JustShelter project news, plus news on sustainability, affordable housing, and urban design.
Friday, 29 February 2008
Thorold Abbeyfield Public Meeting
Grace Community Church, on St. David's Rd. is conducting a public information meeting on Wednesday, March 12th, 7:30 p.m. to discuss concerns raised at council. Hopefully more intelligent questions about the nature of this project can be answered. For more information about this Abbeyfield project call 905-680-4092.
Courtyard Houses
Portland is widely recognized as an urban planning and design leader. In 1974, the city council killed plans for a highway and instead used the federal funding to create the first modern day light rail system. Six years later, the city became the first in the nation to create an urban growth boundary to contain sprawl. Nevertheless, in the 21st century, Portland faces many of the crises common to the contemporary American metropolis: lack of affordable housing, declining numbers of families with children, and rapid growth at the suburban-rural fringe.
Enter the Portland Courtyard Housing Design Competition, whose winning entries were announced in late November. Sponsored by the city, the competition promotes courtyard housing as an affordable way of increasing neighborhood densities without sacrificing public space and environmental sustainability. The courtyard model also extends Portland's tradition of street oriented urbanism. "Suburban houses avoid the street," said Mark Gillem, a competition director and a professor of architecture at the University of Oregon. "The courtyard can engage it."

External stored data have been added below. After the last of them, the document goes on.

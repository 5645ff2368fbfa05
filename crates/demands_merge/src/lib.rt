// The worked examples of two edits of one card: no code, only what planner and checker answer for them.
#![tactic(auto)]
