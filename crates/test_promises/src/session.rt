//! What `amqp_session` promises.

ghost use Rattle.std.specs.Prelude.{◌≡◌, ◌≤◌, ◌<◌, ◌+◌, ◌^◌, [], ◌∷◌, true, Option, Some, None, OnOk, IfOk, OnErr, IfErr};
ghost use Rattle.amqp_link.specs.Links.{sent_of};
ghost use Rattle.amqp_perform.specs.declared.performative.Performative.{Performative};
ghost use Rattle.amqp_perform.specs.declared.performative.Performative.TheVariants as performative;
ghost use Rattle.amqp_perform.specs.Frames.{IsWritten};
ghost use Rattle.amqp_perform.specs.declared.outcome.Outcome.{Outcome};
ghost use Rattle.amqp_reason.specs.Reasons.{is_valid, reason_of, error_span, rejected_span};
ghost use Rattle.amqp_session.specs.Calls.{Widen, Grant, Drain, Take, Settle, SettleRange, Detach as DetachCall, Refuse, SettleRangeWith, call_fault, call_event, call_answer, range_fault, settles_at_once, standing_in};
ghost use Rattle.amqp_session.specs.Faults.{session_fault, event_of, report_of, answer_of, IsRefusal};
ghost use Rattle.amqp_perform.specs.Receivers.{state_said};
ghost use Rattle.amqp_perform.specs.Said.{said, said_frame};
ghost use Rattle.amqp_session.specs.Frames.{Attaches, Flows, Transfers, Disposes, Detaches, attaching, flowing, disposing, frame_of, attach_said, refusal_said, detach_said, failure_said, stated_said};
ghost use Rattle.amqp_session.specs.Lacking.{IsFirstLacking};
ghost use Rattle.amqp_session.specs.Sessions.{IsApart, session_begins, session_after, session_bytes, session_ready, slot_at, slot_ready, Settled, SessionMay};
ghost use Rattle.amqp_session.specs.Slots.{HandsUp, IsViewAt};
ghost use Rattle.amqp_session.specs.Laws.{named_total};
ghost use Rattle.amqp_session.specs.Answers.{answer_said, IsOfAttach, IsPlain, IsWithin, HasDone, IsFrameRefusal};
ghost use Rattle.amqp_link.specs.Bounds.{Bounds};
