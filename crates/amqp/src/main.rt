//! The program `amqp`. Its commands are in `amqp_commands`; begin reading at `amqp_commands::run`.
#![tactic(auto)]

use std::process::ExitCode;

fn main(rt: HostRuntime) -> ExitCode {
    amqp_commands::run::run(&rt)
}
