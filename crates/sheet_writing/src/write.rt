// The call that writes a sheet.
ghost use Rattle.std.specs.Prelude.{◌≡◌, length};
ghost use Rattle.arithmetic_questions.specs.Result.{outcome};
ghost use Rattle.sheet_writing.specs.Sections.{given};
ghost use Rattle.sheet_writing.specs.Written.{written, found, length_by, WroteSheet};

use crate::bytes::put_sheet;
use crate::questions::questions;
use crate::sections::Sections;
use sheet_encoding::parse::SheetRefusal;

// Writes the sheet of these sections to out: the length of the sheet, or why none was written.
pub fn write_sheet(sections: &Sections<'_>, out: &mut [u8]) -> Result<usize, SheetRefusal>
    ensures result_value { found result ≡ outcome (written (given sections.now) (length out.old)) }
    ensures wrote_sheet { WroteSheet (given sections.now) out.old out.new (length_by result) }
{
    questions(sections, out.len())?;
    Ok(put_sheet(sections, out))
}
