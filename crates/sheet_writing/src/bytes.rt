// The bytes of a sheet, written into an output at a cursor. Each function answers where the next byte goes.
ghost use Rattle.std.specs.Prelude.{◌≡◌, ◌∷◌, ◌+◌, ◌*◌, ◌^◌, ◌≤◌, ◌<◌, length};
ghost use Rattle.sheet_encoding.specs.Kernels.{Wrote};
ghost use Rattle.sheet_writing.specs.Sections.{given, word_bytes, number_bytes, sheet_bytes};
ghost use Rattle.sheet_writing.specs.Written.{Below};
ghost use Rattle.sheet_writing.specs.Kernels.{SheetRoom, Words};

use crate::sections::Sections;
use sheet_encoding::writing::{put_byte, put_bytes};

// The 8 bytes of v, lowest first.
fn put_bits(out: &mut [u8], at: usize, v: u64) -> usize
    requires { at + 8 ≤ length out.old }
    ensures wrote { Wrote out.old at (word_bytes 8 v) out.new result }
    ensures value { result ≡ at + 8 }
{
    put_bytes(out, at, &v.to_le_bytes())
}

// The bytes of the numbers of m, each given as its bits.
fn put_numbers(out: &mut [u8], at: usize, m: &[u64]) -> usize
    requires { at + 8 * length m.now ≤ length out.old }
    ensures wrote { Wrote out.old at (number_bytes m.now) out.new result }
    ensures value { result ≡ at + 8 * length m.now }
    ensures words { Below (256 ^ 8) m.now }
{
    let mut e = at;
    for x in m {
        e = put_bits(out, e, *x);
    }
    e
}

// A section: a count below 256, and the numbers of m.
fn put_section(out: &mut [u8], at: usize, count: usize, m: &[u64]) -> usize
    requires { (count < 256) × (at + 1 + 8 * length m.now ≤ length out.old) }
    ensures wrote { Wrote out.old at (count ∷ number_bytes m.now) out.new result }
    ensures value { result ≡ at + 1 + 8 * length m.now }
    ensures words { Below (256 ^ 8) m.now }
{
    let e = put_byte(out, at, count as u8);
    put_numbers(out, e, m)
}

// The section of the tasks: their count, and their codes and indices.
fn put_tasks(out: &mut [u8], at: usize, count: usize, task: &[u8]) -> usize
    requires { (count < 256) × (at + 1 + length task.now ≤ length out.old) }
    ensures { Wrote out.old at (count ∷ task.now) out.new result }
{
    let e = put_byte(out, at, count as u8);
    put_bytes(out, e, task)
}

// The four sections from the start of an output.
pub fn put_sheet(sections: &Sections<'_>, out: &mut [u8]) -> usize
    requires { SheetRoom (given sections.now) (length out.old) }
    ensures wrote { Wrote out.old 0 (sheet_bytes (given sections.now)) out.new result }
    ensures words { Words (given sections.now) }
{
    let d = put_section(out, 0, sections.order, sections.matrix);
    let e = put_section(out, d, sections.directions, sections.direction);
    let t = put_section(out, e, sections.exponents, sections.exponent);
    put_tasks(out, t, sections.tasks, sections.task)
}
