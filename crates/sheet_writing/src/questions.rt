// What the writer asks: 16 of counts, codes and indices, and 5 of lengths.
ghost use Rattle.std.specs.Prelude.{◌≡◌, ◌≤◌};
ghost use Rattle.sheet_encoding.specs.Limits.{task_limit};
ghost use Rattle.sheet_writing.specs.Sections.{given};
ghost use Rattle.sheet_writing.specs.Written.{given_in, given_task, given_tasks, task_ranges, at_least, ranges as ranges_of, exactly as exactly_of, lengths as lengths_of, questions as questions_of};
ghost use Rattle.sheet_writing.specs.Kernels.{InRange};

use crate::sections::Sections;
use sheet_encoding::parse::{CODE_LIMIT, SheetRefusal, index_limit, value_in};
use sheet_encoding::position::{direction_at, exponent_at};

// Byte j of the tasks, which would stand at p, lies below hi; it is not asked where the slice ends before it.
fn given_in(task: &[u8], j: usize, p: usize, hi: usize) -> Result<usize, SheetRefusal>
    ensures { result ≡ given_in task.now j p hi }
{
    if task.len() <= j {
        return Ok(0);
    }
    let v = task[j] as usize;
    value_in(v, p, 0, hi)
}

// The task at j of the tasks, the first of which would stand at q: its code and its index.
fn given_task(task: &[u8], q: usize, d: usize, e: usize, j: usize) -> Result<usize, SheetRefusal>
    requires { (q ≤ 9000) × (j ≤ 100) }
    ensures { result ≡ given_task task.now q d e j }
{
    let code = given_in(task, j, q + j, CODE_LIMIT)?;
    given_in(task, j + 1, q + j + 1, index_limit(code, d, e))
}

// The first count of the tasks.
fn given_tasks(
    task: &[u8],
    q: usize,
    d: usize,
    e: usize,
    count: usize,
) -> Result<usize, SheetRefusal>
    requires { (q ≤ 9000) × (count ≤ task_limit) }
    ensures { result ≡ given_tasks task.now q d e 0 count }
{
    for k in 0..count {
        given_task(task, q, d, e, 2 * k)?;
    }
    Ok(0)
}

// The count of the tasks, and the tasks, of a sheet of order n with d directions and e exponents.
fn task_ranges(
    tasks: usize,
    task: &[u8],
    n: usize,
    d: usize,
    e: usize,
) -> Result<usize, SheetRefusal>
    requires { (n ≤ 8) × (d ≤ 8) × (e ≤ 8) }
    ensures { result ≡ task_ranges tasks task.now n d e }
{
    let p = exponent_at(n, d, e);
    let t = value_in(tasks, p, 1, 17)?;
    given_tasks(task, p + 1, d, e, t)
}

// Question 16, which the numbers do not enter.
fn ranges(sections: &Sections<'_>) -> Result<usize, SheetRefusal>
    ensures { result ≡ ranges_of (given sections.now) }
{
    let n = value_in(sections.order, 0, 1, 9)?;
    let d = value_in(sections.directions, 1 + 8 * (n * n), 0, 9)?;
    let e = value_in(sections.exponents, direction_at(n, d), 0, 9)?;
    task_ranges(sections.tasks, sections.task, n, d, e)
}

// A length that has to be the one wanted.
fn exactly(wanted: usize, found: usize) -> Result<usize, SheetRefusal>
    ensures { result ≡ exactly_of wanted found }
{
    if found != wanted {
        return Err(SheetRefusal::WrongLength(found, wanted));
    }
    Ok(found)
}

// A length that has to be the one wanted, or more.
fn at_least(wanted: usize, found: usize) -> Result<usize, SheetRefusal>
    ensures { result ≡ at_least wanted found }
{
    if found < wanted {
        return Err(SheetRefusal::WrongLength(found, wanted));
    }
    Ok(found)
}

// Question 5, of counts in range.
fn lengths(sections: &Sections<'_>, room: usize) -> Result<usize, SheetRefusal>
    requires { InRange (given sections.now) }
    ensures { result ≡ lengths_of (given sections.now) room }
{
    let n = sections.order;
    let d = sections.directions;
    let e = sections.exponents;
    let t = sections.tasks;
    exactly(n * n, sections.matrix.len())?;
    exactly(d * (n * n), sections.direction.len())?;
    exactly(e, sections.exponent.len())?;
    exactly(2 * t, sections.task.len())?;
    at_least(exponent_at(n, d, e) + 1 + 2 * t, room)
}

// All questions, of an output of room bytes.
pub fn questions(sections: &Sections<'_>, room: usize) -> Result<usize, SheetRefusal>
    ensures { result ≡ questions_of (given sections.now) room }
{
    ranges(sections)?;
    lengths(sections, room)
}
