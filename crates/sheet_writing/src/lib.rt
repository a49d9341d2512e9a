// A sheet made from its sections: the order and its matrix, directions, exponents and tasks.
#![tactic(auto)]

mod bytes;
mod questions;
mod sections;
mod write;

pub use sections::Sections;
pub use write::write_sheet;
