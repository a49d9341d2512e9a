// What a sheet is made of.

// The counts of the four sections, each with what it counts. Numbers are given as their 64 bits, tasks as codes and indices.
#[derive(Clone, Copy)]
pub struct Sections<'a> {
    pub order: usize,
    pub matrix: &'a [u64],
    pub directions: usize,
    pub direction: &'a [u64],
    pub exponents: usize,
    pub exponent: &'a [u64],
    pub tasks: usize,
    pub task: &'a [u8],
}
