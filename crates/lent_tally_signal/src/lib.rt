// `add_traffic_signal` with the tally lent, as `lent_tally` has the other two edits. A crate of its own, since its proof has all of the light's below it.
#![tactic(auto)]

ghost use Rattle.edit.specs.Lent.{CallLeft};
ghost use Rattle.edit.specs.Light.{add_traffic_signal};
ghost use Rattle.edit.specs.Request.{new_traffic_signal};

use changes::Tally;
use edit::SignalRequest;
use place::SectionNames;
use refusal::Refusal;

pub fn add_traffic_signal(
    words: &mut [u64],
    coords: &mut [f64],
    fold: &mut [u64],
    tally: &mut Tally,
    set: &mut [u64],
    lanes: &[u64],
    q: SignalRequest,
    points: &[f64],
    housing: &[f64],
    lamps: &[f64],
) -> Result<(u64, Option<SectionNames>), Refusal>
    ensures { CallLeft (add_traffic_signal (new_traffic_signal lanes.now q points.now housing.now lamps.now)) (record { words = words.old; coords = coords.old; fold = fold.old; tally = tally.old; set = set.old }) result (record { words = words.new; coords = coords.new; fold = fold.new; tally = tally.new; set = set.new }) }
{
    let a = signals::add_traffic_signal(
        words, coords, fold, *tally, set, lanes, q, points, housing, lamps,
    );
    *tally = a.tally;
    a.called
}
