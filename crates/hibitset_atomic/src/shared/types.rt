//! What a shared set and a seat are made of, and what each allocates.
ghost use Rattle.std.specs.Prelude.{◌≡◌, ◌<◌, ◌≤◌, length};
ghost use Rattle.hibitset_atomic.specs.declared.shared.layout.TheConstants.{SHARES, ROW_WORDS};

use crate::shared::rule::FourLayers;
use crate::shared::view::View;
use atomic_table::Table;
use std::alloc::Global;
use std::snapshot::Snapshot;

// A seat's permission to act on the table: a fractional token of ghost state, which takes no bytes.
pub type TableSeat = atomic_table::Seat<(), View>;

/// A set that threads add to, each with a seat of its own. `AtomicBitSet::share` makes it, and `settle` ends it; until
/// then no index is taken out.
#[derive(Drop)]
pub struct SharedBitSet {
    pub(crate) table: Table<(), View, Snapshot<Vec<u64>>, FourLayers, Global>,
    pub(crate) alloc: Global,
    ghost counts: { (table.shared.table_id.words ≡ ROW_WORDS) × (table.shared.table_id.slots ≡ 0) },
}

/// What one thread adds and asks with, at the set that it came from. It has
///
/// - a weight: how many of the `SHARES` of its set it has;
/// - reports: the indices that its own adds put in, the newest first;
/// - known indices, of which it has seen all four bits.
///
/// No call takes a report or a known index from it. A seat that is dropped takes its shares with it.
#[derive(Drop)]
pub struct Seat {
    pub(crate) pass: TableSeat,
    pub(crate) weight: u32,
    ghost counted: { weight ≡ length pass.me.0.shares },
    ghost some_share: { (0 < weight) × (weight ≤ SHARES) },
    ghost empty_handed: { length pass.me.1 ≡ 0 },
}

Suburbia – Slums of the Future
It is difficult to think of suburban communities being the slums of tomorrow, but demographics, fuel prices, the end of easy oil, and global warming will have an impact that will force people to live closer together and, oddly enough, be glad of it. This is from Atlantic Monthly:
Arthur C. Nelson, director of the Metropolitan Institute at Virginia Tech, has looked carefully at trends in American demographics, construction, house prices, and consumer preferences. In 2006, using recent consumer research, housing supply data, and population growth rates, he modeled future demand for various types of housing. The results were bracing: Nelson forecasts a likely surplus of 22 million large-lot homes (houses built on a sixth of an acre or more) by 2025—that's roughly 40 percent of the large-lot homes in existence today.
For 60 years, Americans have pushed steadily into the
suburbs, transforming the landscape and (until recently) leaving cities behind. But today the pendulum is swinging back toward urban living, and there are many reasons to believe this swing will continue. As it does, many low-density suburbs and McMansion subdivisions, including some that are lovely and affluent today, may become what inner cities became in the 1960s and '70s—slums characterized by poverty, crime, and decay.